- [SOURCE DATA]:
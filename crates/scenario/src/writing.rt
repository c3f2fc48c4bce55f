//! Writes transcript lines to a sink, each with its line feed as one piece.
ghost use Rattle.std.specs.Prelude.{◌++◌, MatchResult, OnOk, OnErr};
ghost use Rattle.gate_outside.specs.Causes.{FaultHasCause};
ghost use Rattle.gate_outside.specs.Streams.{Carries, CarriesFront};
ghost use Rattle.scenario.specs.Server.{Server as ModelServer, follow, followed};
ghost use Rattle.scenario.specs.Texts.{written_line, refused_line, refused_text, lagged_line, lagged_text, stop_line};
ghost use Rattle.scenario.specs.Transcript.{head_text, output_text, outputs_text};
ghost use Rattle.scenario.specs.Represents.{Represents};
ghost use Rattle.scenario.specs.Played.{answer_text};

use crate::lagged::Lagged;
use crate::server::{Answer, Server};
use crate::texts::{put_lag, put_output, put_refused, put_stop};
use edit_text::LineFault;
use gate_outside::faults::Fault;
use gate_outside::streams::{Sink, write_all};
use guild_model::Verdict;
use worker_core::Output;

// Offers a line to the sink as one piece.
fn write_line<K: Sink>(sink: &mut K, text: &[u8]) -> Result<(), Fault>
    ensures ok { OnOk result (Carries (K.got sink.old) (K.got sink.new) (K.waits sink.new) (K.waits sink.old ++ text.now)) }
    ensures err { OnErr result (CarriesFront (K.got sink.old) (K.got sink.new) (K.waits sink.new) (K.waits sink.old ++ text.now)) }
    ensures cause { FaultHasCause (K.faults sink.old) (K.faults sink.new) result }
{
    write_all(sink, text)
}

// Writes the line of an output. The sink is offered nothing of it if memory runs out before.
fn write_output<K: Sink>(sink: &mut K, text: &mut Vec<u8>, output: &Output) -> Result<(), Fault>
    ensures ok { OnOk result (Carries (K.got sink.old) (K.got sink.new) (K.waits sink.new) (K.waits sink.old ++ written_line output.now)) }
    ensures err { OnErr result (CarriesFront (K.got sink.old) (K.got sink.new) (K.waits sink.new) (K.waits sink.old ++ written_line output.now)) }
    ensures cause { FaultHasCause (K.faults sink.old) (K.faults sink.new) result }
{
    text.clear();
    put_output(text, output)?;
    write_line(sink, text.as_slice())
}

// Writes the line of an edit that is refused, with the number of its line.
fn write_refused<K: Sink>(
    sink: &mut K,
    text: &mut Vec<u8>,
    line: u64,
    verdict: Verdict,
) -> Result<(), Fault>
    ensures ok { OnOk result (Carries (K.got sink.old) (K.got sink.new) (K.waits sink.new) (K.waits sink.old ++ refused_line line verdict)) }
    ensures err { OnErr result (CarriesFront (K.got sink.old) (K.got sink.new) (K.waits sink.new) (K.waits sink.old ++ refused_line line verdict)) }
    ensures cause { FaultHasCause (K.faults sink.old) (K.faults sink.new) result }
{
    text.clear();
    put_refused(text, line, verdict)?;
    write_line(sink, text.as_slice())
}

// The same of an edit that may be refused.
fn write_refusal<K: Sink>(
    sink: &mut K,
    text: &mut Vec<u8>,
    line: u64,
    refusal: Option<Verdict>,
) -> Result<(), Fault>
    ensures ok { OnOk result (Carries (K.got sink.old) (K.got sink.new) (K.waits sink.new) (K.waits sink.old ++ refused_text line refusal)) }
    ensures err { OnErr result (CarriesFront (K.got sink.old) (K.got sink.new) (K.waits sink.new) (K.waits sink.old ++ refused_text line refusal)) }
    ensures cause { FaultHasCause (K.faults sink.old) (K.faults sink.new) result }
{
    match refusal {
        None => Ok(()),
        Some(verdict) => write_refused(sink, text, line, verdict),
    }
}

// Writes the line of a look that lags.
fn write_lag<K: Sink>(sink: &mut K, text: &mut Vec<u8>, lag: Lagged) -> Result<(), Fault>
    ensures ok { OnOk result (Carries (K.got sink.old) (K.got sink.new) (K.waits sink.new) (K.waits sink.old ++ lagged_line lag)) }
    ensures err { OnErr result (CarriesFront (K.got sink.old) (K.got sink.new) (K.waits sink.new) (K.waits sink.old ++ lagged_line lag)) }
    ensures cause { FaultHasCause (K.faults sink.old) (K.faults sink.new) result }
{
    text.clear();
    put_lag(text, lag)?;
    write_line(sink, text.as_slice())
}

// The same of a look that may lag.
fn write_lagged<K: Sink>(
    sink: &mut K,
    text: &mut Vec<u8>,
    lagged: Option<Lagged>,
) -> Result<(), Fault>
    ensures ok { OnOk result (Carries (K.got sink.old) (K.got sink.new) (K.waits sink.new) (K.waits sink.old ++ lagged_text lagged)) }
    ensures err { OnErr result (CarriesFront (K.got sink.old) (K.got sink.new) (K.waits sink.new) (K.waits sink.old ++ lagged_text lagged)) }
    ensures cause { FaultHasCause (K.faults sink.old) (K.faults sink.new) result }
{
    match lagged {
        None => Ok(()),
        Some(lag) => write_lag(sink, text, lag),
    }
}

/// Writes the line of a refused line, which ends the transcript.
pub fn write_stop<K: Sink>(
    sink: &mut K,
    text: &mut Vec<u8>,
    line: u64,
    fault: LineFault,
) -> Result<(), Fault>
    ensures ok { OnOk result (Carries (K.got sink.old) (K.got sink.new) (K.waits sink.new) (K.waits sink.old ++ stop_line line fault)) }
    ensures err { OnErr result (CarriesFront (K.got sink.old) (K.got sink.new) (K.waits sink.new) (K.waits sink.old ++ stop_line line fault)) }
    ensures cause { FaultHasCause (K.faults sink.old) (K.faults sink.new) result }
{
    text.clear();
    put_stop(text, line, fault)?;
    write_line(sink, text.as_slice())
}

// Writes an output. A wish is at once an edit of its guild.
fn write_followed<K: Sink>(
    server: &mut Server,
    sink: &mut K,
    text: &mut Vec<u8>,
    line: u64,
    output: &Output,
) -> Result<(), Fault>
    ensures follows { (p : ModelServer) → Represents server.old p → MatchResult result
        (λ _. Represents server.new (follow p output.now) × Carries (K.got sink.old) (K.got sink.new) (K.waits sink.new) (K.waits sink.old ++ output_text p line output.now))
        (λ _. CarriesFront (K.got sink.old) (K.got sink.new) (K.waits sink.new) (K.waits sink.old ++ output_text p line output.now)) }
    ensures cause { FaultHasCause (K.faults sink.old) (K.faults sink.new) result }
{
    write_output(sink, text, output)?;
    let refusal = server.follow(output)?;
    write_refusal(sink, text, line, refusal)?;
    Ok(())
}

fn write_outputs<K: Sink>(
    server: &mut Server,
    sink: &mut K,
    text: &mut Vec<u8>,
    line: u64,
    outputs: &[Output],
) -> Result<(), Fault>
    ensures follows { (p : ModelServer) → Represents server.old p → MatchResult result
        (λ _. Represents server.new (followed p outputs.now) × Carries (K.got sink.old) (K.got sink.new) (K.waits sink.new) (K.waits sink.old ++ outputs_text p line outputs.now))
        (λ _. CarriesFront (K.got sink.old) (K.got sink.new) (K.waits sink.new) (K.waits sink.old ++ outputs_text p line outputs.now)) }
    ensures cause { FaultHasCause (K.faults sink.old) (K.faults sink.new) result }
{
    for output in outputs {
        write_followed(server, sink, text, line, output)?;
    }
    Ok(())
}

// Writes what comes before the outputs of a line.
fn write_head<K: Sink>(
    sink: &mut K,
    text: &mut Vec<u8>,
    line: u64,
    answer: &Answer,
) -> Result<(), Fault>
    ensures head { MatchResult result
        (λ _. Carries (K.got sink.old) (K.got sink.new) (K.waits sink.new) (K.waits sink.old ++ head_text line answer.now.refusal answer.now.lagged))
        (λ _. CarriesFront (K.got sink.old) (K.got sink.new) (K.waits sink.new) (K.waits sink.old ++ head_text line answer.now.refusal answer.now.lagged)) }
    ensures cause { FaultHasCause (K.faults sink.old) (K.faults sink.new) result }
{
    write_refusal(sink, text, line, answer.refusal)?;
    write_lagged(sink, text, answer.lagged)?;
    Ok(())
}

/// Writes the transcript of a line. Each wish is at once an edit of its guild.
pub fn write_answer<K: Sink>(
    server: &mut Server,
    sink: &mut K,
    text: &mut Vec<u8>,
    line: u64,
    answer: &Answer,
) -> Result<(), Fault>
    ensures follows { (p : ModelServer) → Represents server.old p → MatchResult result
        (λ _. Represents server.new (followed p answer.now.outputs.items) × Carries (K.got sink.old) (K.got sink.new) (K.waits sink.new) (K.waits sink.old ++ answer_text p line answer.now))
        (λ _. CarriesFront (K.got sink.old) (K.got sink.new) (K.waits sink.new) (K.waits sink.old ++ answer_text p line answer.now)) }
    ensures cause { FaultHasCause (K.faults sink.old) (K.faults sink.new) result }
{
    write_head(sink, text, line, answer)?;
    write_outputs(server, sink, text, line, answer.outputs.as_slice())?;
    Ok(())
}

* * *

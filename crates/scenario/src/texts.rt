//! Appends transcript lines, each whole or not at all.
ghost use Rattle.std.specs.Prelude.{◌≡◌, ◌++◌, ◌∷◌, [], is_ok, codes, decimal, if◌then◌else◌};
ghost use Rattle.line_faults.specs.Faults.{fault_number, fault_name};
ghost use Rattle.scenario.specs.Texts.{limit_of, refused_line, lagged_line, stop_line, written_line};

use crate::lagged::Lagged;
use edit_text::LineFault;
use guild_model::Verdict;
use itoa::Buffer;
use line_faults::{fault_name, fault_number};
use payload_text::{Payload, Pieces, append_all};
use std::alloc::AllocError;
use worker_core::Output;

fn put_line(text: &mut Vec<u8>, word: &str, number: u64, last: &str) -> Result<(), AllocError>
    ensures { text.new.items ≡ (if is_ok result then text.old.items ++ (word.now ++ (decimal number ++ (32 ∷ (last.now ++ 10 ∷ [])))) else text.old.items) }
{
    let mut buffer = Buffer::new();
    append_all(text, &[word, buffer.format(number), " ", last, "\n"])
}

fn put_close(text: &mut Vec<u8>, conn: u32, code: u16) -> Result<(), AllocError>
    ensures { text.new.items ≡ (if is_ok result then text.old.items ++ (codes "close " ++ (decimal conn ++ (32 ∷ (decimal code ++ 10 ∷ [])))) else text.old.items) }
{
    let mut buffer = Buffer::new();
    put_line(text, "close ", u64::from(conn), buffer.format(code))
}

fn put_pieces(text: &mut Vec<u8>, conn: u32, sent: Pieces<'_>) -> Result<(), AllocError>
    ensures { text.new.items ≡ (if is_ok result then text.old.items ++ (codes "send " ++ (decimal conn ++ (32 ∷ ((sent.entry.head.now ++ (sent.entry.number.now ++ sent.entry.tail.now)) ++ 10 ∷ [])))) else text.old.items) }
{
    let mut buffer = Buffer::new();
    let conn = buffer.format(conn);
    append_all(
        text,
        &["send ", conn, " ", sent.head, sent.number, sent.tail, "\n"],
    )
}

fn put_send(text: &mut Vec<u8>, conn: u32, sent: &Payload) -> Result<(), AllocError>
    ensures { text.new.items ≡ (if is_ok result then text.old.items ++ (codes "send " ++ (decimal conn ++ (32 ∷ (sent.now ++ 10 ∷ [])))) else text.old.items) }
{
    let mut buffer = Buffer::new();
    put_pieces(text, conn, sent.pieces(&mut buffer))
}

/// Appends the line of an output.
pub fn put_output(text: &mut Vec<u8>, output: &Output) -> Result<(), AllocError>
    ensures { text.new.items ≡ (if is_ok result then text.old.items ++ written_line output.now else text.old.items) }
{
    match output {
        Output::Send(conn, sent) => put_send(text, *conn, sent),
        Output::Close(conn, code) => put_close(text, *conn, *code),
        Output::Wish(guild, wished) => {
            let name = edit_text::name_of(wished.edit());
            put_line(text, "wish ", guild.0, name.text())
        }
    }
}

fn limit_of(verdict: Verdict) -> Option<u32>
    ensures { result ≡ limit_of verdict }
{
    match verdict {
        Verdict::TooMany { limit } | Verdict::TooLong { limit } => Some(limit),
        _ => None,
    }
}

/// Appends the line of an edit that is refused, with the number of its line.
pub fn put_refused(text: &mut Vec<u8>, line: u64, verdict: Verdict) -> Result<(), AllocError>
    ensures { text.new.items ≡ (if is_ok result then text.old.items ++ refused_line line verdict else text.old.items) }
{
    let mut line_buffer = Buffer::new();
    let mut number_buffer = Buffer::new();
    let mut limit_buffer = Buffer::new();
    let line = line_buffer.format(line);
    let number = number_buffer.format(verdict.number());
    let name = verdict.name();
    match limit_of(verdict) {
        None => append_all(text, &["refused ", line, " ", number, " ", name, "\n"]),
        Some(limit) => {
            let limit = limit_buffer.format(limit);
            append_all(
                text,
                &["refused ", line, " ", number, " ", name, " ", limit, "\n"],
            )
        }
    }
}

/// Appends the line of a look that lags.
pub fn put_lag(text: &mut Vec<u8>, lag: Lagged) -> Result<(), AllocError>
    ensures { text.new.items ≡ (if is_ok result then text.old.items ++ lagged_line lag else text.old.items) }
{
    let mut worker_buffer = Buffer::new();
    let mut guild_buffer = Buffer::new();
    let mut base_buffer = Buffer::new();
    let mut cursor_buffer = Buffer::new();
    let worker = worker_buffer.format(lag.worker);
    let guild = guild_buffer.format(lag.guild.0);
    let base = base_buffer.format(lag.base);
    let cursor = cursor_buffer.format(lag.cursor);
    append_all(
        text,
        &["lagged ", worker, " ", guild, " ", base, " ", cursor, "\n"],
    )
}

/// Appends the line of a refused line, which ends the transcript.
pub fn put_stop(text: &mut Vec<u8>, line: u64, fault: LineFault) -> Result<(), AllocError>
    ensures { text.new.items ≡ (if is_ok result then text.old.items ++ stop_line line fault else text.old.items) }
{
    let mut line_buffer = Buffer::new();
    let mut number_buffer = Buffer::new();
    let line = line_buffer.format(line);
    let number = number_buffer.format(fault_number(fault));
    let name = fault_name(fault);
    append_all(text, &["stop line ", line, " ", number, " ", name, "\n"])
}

- [WORK REQUEST]: Some lines above hold the word "wished". Copy all of them.

- [ANSWER FOR THE TASK]:
        Output::Wish(guild, wished) => {
            let name = edit_text::name_of(wished.edit());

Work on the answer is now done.